→ **Material for this exercise**:
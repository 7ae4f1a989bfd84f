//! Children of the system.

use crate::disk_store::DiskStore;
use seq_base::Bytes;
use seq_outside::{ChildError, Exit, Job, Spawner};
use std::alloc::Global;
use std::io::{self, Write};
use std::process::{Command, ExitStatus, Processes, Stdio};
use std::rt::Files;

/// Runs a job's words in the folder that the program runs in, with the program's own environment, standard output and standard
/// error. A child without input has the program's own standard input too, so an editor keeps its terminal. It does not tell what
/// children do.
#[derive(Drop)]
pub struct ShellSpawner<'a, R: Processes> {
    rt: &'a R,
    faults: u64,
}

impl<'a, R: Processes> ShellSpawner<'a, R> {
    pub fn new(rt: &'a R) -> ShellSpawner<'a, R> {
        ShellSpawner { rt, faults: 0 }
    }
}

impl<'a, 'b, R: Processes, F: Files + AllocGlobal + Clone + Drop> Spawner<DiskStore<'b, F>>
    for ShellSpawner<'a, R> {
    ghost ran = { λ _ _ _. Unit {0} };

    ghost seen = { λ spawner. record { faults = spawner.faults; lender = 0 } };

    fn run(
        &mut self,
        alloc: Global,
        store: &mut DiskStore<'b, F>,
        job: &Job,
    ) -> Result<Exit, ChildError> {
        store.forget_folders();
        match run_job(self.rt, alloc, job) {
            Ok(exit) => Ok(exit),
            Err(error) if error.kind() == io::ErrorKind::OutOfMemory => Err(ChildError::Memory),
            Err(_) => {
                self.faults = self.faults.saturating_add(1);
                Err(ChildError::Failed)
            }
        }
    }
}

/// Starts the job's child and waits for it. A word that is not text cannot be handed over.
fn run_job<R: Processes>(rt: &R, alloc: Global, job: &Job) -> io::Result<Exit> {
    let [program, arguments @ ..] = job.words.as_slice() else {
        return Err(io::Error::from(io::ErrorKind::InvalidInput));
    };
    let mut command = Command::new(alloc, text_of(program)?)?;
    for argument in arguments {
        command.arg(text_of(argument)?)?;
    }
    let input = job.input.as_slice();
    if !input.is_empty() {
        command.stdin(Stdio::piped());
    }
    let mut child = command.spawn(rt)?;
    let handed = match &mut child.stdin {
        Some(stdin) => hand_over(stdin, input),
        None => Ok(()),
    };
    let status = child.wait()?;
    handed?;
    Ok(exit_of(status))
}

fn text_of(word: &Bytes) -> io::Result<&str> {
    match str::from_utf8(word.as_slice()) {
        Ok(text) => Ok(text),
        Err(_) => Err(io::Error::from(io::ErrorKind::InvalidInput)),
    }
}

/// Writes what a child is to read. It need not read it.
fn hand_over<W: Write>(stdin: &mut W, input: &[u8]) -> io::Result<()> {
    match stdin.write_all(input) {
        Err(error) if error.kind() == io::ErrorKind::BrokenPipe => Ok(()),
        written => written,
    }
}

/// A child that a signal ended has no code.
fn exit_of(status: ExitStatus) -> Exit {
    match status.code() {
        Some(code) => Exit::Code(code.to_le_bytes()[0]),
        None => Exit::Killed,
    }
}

→ **The problem**: A verbatim copy of all the records is required. Write it out in full.

→ **Task solution**:
repository 7ae4f1a989bfd84f
//! Children of the system.

use crate::disk_store::DiskStore;
use seq_base::Bytes;
use seq_outside::{ChildError, Exit, Job, Spawner};
use std::alloc::Global;
use std::io::{self, Write};
use std::process::{Command, ExitStatus, Processes, Stdio};
use std::rt::Files;

/// Runs a job's words in the folder that the program runs in, with the program's own environment, standard output and standard
/// error. A child without input has the program's own standard input too, so an editor keeps its terminal. It does not tell what
/// children do.
#[derive(Drop)]
pub struct ShellSpawner<'a, R: Processes> {
    rt: &'a R,
    faults: u64,
}

impl<'a, R: Processes> ShellSpawner<'a, R> {
    pub fn new(rt: &'a R) -> ShellSpawner<'a, R> {
        ShellSpawner { rt, faults: 0 }
    }
}

impl<'a, 'b, R: Processes, F: Files + AllocGlobal + Clone + Drop> Spawner<DiskStore<'b, F>>
    for ShellSpawner<'a, R> {
    ghost ran = { λ _ _ _. Unit {0} };

    ghost seen = { λ spawner. record { faults = spawner.faults; lender = 0 } };

    fn run(
        &mut self,
        alloc: Global,
        store: &mut DiskStore<'b, F>,
        job: &Job,
    ) -> Result<Exit, ChildError> {
        store.forget_folders();
        match run_job(self.rt, alloc, job) {
            Ok(exit) => Ok(exit),
            Err(error) if error.kind() == io::ErrorKind::OutOfMemory => Err(ChildError::Memory),
            Err(_) => {
                self.faults = self.faults.saturating_add(1);
                Err(ChildError::Failed)
            }
        }
    }
}

/// Starts the job's child and waits for it. A word that is not text cannot be handed over.
fn run_job<R: Processes>(rt: &R, alloc: Global, job: &Job) -> io::Result<Exit> {
    let [program, arguments @ ..] = job.words.as_slice() else {
        return Err(io::Error::from(io::ErrorKind::InvalidInput));
    };
    let mut command = Command::new(alloc, text_of(program)?)?;
    for argument in arguments {
        command.arg(text_of(argument)?)?;
    }
    let input = job.input.as_slice();
    if !input.is_empty() {
        command.stdin(Stdio::piped());
    }
    let mut child = command.spawn(rt)?;
    let handed = match &mut child.stdin {
        Some(stdin) => hand_over(stdin, input),
        None => Ok(()),
    };
    let status = child.wait()?;
    handed?;
    Ok(exit_of(status))
}

fn text_of(word: &Bytes) -> io::Result<&str> {
    match str::from_utf8(word.as_slice()) {
        Ok(text) => Ok(text),
        Err(_) => Err(io::Error::from(io::ErrorKind::InvalidInput)),
    }
}

/// Writes what a child is to read. It need not read it.
fn hand_over<W: Write>(stdin: &mut W, input: &[u8]) -> io::Result<()> {
    match stdin.write_all(input) {
        Err(error) if error.kind() == io::ErrorKind::BrokenPipe => Ok(()),
        written => written,
    }
}

/// A child that a signal ended has no code.
fn exit_of(status: ExitStatus) -> Exit {
    match status.code() {
        Some(code) => Exit::Code(code.to_le_bytes()[0]),
        None => Exit::Killed,
    }
}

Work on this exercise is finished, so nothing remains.